§ **What this task involves**: Two lines mark the range in the entries below: the one holding "not (ascends (table_of" and the one holding "fn member_clashes(text: &[u8], rows: &[u32], t: TypeKey, i: u32)". Set down those two and all lines between them, exactly.

[Dataset entries]

———

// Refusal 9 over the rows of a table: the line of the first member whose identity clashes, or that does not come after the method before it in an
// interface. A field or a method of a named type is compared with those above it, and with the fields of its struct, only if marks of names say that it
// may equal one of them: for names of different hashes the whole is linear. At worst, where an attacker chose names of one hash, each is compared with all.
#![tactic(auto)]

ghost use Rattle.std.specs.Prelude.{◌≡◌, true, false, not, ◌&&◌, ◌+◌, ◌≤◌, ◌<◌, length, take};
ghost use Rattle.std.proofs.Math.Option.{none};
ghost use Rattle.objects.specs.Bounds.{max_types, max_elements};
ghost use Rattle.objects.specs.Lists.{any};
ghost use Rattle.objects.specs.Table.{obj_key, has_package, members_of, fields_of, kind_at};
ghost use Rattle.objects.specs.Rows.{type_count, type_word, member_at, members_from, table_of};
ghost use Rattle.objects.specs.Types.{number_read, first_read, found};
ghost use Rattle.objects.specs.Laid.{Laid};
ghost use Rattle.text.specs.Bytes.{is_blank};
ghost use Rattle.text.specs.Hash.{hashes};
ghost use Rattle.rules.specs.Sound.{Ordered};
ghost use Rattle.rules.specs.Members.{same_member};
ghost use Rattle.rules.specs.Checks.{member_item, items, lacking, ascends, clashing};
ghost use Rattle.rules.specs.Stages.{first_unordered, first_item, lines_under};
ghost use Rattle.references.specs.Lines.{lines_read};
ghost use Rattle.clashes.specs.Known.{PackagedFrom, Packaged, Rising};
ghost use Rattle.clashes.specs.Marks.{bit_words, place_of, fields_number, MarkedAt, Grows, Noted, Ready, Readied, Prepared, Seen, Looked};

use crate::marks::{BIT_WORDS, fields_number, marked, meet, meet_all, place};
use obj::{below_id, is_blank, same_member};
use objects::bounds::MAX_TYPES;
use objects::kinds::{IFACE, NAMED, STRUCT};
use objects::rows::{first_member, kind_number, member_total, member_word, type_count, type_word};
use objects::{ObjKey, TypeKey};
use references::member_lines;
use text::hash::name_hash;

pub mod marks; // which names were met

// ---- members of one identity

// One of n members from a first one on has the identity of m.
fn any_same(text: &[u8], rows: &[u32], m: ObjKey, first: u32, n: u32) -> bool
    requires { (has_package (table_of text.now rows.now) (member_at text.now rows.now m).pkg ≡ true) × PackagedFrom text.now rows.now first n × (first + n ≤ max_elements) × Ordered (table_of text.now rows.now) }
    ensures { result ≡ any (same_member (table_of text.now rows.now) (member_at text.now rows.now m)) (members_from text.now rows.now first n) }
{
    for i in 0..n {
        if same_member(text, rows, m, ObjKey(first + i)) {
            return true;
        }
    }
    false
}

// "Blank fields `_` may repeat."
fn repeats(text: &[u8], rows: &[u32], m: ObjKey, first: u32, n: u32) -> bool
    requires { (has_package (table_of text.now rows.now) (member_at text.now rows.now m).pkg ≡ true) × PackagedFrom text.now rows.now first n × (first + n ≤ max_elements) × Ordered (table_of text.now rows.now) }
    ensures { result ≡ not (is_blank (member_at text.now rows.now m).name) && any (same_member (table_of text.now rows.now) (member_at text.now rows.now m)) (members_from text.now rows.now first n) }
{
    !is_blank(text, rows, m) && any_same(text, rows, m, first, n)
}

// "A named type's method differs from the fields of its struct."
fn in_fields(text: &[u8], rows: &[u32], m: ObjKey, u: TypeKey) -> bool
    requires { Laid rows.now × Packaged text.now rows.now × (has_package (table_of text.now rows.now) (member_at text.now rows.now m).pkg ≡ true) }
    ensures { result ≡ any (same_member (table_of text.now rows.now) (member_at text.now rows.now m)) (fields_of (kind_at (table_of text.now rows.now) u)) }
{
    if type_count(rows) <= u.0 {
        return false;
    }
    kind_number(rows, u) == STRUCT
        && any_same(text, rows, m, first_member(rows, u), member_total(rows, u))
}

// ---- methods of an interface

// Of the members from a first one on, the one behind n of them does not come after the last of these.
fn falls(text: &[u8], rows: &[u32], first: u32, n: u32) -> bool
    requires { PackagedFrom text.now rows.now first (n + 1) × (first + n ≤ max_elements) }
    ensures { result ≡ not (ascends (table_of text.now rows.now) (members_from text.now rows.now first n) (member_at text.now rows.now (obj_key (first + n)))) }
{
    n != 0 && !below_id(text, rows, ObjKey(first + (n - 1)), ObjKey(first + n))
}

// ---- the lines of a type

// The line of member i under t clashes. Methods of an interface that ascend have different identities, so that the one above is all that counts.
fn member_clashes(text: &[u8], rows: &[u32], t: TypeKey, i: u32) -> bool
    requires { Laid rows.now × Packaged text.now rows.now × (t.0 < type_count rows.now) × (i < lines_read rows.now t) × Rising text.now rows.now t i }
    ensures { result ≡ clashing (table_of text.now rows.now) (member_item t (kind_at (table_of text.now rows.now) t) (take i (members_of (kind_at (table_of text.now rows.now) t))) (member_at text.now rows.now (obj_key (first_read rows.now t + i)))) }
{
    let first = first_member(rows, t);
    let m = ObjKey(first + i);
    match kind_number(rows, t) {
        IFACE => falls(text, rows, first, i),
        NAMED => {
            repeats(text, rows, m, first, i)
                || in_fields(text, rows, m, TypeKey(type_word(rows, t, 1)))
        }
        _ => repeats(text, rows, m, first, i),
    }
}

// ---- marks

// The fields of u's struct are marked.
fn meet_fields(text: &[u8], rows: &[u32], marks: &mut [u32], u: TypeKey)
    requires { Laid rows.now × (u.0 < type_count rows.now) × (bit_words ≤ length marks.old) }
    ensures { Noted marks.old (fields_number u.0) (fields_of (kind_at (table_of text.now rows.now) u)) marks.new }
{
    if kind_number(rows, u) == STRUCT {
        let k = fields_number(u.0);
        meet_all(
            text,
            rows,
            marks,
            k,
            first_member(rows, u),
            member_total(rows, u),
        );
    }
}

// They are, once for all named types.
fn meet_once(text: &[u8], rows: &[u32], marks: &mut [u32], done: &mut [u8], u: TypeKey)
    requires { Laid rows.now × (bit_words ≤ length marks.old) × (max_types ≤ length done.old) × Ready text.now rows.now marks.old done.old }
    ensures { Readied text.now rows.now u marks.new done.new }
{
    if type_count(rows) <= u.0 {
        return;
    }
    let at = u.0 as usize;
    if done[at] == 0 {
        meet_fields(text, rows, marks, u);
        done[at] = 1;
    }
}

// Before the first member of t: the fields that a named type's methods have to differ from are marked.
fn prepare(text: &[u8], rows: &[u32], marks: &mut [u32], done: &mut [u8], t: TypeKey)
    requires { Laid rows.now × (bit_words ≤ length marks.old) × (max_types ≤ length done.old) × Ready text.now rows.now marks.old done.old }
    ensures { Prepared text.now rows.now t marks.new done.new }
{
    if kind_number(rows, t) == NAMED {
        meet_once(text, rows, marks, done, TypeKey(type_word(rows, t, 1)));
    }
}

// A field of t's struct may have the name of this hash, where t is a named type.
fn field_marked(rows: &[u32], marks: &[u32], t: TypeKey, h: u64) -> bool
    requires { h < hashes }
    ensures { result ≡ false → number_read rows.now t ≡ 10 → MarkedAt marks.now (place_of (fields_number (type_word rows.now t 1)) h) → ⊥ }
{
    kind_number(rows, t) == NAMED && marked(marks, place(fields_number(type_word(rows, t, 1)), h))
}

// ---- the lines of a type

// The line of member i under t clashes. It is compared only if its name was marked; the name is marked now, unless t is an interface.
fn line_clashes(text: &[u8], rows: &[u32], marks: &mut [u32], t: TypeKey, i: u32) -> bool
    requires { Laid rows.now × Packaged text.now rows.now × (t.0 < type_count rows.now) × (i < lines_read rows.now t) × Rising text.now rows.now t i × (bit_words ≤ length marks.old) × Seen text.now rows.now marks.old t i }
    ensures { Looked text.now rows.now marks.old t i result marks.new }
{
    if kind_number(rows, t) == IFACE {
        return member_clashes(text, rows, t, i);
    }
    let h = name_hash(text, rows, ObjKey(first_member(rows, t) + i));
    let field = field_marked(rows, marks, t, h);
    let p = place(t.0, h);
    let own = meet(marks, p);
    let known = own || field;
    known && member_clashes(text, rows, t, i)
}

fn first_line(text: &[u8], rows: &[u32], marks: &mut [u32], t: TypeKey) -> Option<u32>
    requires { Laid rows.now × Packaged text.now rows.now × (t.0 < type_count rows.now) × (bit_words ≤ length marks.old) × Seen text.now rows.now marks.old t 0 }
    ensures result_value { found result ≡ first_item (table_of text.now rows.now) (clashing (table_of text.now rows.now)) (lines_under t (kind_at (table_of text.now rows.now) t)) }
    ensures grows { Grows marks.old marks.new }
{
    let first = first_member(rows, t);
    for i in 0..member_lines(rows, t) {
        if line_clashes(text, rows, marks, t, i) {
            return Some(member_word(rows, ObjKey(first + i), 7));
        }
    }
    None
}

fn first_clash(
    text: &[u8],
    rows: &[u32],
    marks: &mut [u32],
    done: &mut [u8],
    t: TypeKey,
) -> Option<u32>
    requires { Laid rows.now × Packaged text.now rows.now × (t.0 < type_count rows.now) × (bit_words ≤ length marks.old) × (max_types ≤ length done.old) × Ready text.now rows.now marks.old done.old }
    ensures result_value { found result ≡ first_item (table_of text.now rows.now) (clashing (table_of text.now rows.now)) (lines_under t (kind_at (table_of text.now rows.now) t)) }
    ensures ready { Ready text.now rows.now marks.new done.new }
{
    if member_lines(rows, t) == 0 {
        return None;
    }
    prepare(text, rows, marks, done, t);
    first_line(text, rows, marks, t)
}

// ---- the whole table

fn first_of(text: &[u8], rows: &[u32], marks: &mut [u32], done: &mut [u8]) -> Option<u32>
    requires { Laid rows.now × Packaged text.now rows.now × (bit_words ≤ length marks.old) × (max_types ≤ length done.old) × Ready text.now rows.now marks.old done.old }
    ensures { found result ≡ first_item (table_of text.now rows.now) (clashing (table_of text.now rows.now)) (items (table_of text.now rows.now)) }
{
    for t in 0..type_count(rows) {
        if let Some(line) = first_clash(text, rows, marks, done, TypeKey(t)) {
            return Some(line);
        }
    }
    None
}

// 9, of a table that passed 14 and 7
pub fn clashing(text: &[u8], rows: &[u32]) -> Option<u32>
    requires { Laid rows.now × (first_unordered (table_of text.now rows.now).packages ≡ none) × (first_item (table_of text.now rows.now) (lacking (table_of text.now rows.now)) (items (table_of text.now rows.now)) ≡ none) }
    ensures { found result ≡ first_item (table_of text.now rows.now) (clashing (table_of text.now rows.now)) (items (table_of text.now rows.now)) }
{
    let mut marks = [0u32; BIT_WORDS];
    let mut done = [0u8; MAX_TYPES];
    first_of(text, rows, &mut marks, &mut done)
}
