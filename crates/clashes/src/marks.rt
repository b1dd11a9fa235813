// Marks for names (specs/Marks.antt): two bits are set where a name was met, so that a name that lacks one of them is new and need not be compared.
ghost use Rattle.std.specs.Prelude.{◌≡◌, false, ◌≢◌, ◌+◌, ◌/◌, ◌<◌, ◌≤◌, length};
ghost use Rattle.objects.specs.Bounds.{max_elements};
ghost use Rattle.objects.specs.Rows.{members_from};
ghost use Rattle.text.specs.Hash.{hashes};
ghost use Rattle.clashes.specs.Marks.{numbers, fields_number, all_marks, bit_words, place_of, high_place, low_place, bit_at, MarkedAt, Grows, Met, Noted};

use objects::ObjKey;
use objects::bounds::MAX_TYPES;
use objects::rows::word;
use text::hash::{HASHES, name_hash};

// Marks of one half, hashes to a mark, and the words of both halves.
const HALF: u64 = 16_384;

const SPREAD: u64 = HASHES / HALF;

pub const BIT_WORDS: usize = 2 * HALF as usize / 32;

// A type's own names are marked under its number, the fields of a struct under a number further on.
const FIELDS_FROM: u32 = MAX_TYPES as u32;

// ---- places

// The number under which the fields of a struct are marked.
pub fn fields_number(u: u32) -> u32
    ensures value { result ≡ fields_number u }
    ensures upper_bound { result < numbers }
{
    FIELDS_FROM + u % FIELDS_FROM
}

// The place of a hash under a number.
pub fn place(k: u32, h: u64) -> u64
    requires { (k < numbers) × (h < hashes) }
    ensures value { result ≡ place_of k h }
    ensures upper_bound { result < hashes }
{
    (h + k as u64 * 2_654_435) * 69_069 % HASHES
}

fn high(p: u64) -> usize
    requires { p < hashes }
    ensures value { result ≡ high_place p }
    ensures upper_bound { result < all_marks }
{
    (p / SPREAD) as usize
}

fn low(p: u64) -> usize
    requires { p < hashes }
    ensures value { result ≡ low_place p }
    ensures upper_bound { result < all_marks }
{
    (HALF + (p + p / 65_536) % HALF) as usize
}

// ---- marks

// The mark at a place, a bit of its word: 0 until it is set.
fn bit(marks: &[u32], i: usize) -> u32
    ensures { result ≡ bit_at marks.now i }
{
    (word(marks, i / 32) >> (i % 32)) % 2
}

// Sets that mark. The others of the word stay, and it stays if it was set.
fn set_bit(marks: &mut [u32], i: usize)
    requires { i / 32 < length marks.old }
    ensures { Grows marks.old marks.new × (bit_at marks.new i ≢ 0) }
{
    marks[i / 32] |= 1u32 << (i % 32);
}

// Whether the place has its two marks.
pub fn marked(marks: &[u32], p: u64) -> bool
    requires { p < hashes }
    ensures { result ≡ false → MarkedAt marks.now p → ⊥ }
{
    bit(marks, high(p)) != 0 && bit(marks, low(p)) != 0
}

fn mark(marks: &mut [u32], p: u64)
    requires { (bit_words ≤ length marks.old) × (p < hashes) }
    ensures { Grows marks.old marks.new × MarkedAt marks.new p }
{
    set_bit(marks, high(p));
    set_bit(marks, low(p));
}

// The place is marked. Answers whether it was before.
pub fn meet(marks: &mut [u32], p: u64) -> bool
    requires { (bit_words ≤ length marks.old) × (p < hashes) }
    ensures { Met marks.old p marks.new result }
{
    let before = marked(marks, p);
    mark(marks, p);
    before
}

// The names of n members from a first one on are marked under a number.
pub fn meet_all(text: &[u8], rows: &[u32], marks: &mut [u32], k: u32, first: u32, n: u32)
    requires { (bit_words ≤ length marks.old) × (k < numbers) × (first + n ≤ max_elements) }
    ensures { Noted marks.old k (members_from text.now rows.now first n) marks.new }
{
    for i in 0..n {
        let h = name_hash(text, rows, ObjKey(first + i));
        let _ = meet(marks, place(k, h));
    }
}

———

§ **Exercise answer**:
    ensures { result ≡ not (ascends (table_of text.now rows.now) (members_from text.now rows.now first n) (member_at text.now rows.now (obj_key (first + n)))) }
{
    n != 0 && !below_id(text, rows, ObjKey(first + (n - 1)), ObjKey(first + n))
}

// ---- the lines of a type

// The line of member i under t clashes. Methods of an interface that ascend have different identities, so that the one above is all that counts.
fn member_clashes(text: &[u8], rows: &[u32], t: TypeKey, i: u32) -> bool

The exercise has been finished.